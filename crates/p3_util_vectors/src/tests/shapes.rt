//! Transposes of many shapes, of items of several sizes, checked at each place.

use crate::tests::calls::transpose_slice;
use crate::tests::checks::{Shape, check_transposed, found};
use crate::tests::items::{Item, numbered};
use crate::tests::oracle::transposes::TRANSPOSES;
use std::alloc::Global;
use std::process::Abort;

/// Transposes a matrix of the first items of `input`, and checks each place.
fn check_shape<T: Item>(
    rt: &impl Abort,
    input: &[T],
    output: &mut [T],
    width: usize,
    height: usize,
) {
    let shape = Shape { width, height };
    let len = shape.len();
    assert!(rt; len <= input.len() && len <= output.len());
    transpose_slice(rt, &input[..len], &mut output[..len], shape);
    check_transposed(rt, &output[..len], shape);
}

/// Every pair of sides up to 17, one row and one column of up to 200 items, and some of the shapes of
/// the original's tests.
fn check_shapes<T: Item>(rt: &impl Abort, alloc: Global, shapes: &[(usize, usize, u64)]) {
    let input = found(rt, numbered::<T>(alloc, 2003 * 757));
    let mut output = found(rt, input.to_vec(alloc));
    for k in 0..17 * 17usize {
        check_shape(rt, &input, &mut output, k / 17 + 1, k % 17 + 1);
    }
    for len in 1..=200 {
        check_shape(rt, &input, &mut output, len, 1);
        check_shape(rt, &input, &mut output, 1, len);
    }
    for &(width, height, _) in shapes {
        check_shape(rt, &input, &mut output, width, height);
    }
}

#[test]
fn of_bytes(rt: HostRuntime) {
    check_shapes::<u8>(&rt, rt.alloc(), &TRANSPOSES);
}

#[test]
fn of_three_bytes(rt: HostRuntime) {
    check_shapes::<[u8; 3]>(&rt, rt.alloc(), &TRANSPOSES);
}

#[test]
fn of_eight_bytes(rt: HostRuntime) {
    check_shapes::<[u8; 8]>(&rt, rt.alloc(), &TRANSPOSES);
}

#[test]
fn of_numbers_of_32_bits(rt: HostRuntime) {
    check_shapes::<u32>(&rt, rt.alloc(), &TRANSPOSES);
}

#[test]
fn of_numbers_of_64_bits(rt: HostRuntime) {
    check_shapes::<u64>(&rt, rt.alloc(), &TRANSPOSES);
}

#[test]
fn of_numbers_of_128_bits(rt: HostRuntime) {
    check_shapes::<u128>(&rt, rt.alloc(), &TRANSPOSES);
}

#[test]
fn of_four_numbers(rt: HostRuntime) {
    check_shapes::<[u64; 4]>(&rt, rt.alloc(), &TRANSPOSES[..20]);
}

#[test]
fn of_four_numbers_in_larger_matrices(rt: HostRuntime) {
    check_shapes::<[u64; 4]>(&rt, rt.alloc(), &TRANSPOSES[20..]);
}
# # # #
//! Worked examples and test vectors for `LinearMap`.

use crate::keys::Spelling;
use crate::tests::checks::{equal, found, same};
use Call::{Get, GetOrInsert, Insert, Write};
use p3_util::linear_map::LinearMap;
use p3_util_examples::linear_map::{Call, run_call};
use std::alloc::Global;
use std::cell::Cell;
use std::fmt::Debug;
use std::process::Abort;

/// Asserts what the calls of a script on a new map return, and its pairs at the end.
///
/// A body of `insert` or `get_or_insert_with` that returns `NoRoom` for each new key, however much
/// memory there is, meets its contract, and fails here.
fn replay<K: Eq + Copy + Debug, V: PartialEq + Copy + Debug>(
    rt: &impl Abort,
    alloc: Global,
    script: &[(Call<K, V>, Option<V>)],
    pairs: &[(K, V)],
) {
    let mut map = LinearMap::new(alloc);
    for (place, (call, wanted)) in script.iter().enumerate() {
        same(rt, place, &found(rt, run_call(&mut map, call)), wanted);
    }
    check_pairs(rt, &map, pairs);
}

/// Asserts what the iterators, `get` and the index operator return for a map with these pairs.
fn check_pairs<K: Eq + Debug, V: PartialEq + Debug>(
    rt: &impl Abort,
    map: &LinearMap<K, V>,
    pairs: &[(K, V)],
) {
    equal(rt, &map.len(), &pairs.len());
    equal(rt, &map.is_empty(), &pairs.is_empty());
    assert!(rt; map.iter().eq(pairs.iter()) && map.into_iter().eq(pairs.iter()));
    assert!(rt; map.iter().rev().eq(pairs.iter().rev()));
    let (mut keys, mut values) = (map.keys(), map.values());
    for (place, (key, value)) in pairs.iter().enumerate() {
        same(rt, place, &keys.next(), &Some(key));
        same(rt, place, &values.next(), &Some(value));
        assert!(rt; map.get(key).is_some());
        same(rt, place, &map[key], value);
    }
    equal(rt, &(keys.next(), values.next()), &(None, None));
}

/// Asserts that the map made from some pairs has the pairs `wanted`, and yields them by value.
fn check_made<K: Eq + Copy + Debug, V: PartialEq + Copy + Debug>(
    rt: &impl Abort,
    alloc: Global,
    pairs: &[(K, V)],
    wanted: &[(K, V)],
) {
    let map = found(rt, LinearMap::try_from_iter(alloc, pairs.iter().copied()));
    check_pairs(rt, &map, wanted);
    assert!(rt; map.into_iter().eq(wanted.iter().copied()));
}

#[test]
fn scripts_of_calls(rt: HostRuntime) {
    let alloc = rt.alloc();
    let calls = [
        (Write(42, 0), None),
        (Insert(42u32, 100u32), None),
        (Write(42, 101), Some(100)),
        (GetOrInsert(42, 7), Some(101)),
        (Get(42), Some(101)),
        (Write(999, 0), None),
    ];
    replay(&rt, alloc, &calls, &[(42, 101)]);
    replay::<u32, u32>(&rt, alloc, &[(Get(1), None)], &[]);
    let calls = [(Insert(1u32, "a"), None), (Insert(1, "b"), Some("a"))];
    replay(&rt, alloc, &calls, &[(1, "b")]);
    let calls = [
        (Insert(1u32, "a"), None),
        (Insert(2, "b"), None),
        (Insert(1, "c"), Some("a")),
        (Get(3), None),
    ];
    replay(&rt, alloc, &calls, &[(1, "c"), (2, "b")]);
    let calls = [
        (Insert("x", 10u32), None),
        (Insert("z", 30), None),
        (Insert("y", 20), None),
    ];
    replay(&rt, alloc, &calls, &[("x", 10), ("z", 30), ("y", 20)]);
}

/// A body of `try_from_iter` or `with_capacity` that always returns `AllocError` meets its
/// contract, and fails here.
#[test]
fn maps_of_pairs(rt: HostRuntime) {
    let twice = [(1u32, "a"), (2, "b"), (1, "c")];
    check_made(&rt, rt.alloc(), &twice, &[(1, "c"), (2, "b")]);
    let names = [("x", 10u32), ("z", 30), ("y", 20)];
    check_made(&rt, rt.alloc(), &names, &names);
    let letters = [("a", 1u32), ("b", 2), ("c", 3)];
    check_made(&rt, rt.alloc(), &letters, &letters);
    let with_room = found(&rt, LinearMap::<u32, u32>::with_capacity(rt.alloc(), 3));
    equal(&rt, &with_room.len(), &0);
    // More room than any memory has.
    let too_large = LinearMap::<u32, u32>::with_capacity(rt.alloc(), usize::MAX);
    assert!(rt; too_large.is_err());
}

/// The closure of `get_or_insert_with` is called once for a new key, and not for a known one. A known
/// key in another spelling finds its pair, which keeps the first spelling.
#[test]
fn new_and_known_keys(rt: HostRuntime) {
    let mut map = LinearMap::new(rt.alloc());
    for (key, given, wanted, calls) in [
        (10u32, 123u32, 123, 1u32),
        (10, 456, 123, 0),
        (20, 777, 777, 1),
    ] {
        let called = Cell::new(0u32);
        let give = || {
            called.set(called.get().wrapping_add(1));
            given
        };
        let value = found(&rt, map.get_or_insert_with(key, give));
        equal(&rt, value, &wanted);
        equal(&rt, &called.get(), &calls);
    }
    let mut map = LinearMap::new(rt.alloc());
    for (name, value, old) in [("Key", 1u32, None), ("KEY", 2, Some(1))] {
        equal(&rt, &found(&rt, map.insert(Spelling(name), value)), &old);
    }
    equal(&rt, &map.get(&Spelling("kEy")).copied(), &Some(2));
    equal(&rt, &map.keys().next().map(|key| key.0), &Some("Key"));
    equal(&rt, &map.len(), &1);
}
# # # #
* _WHAT YOU HAVE TO DO_:
The word "memory" may appear in several lines of the data; count those lines and give only the number.

* _SOLUTION_:
2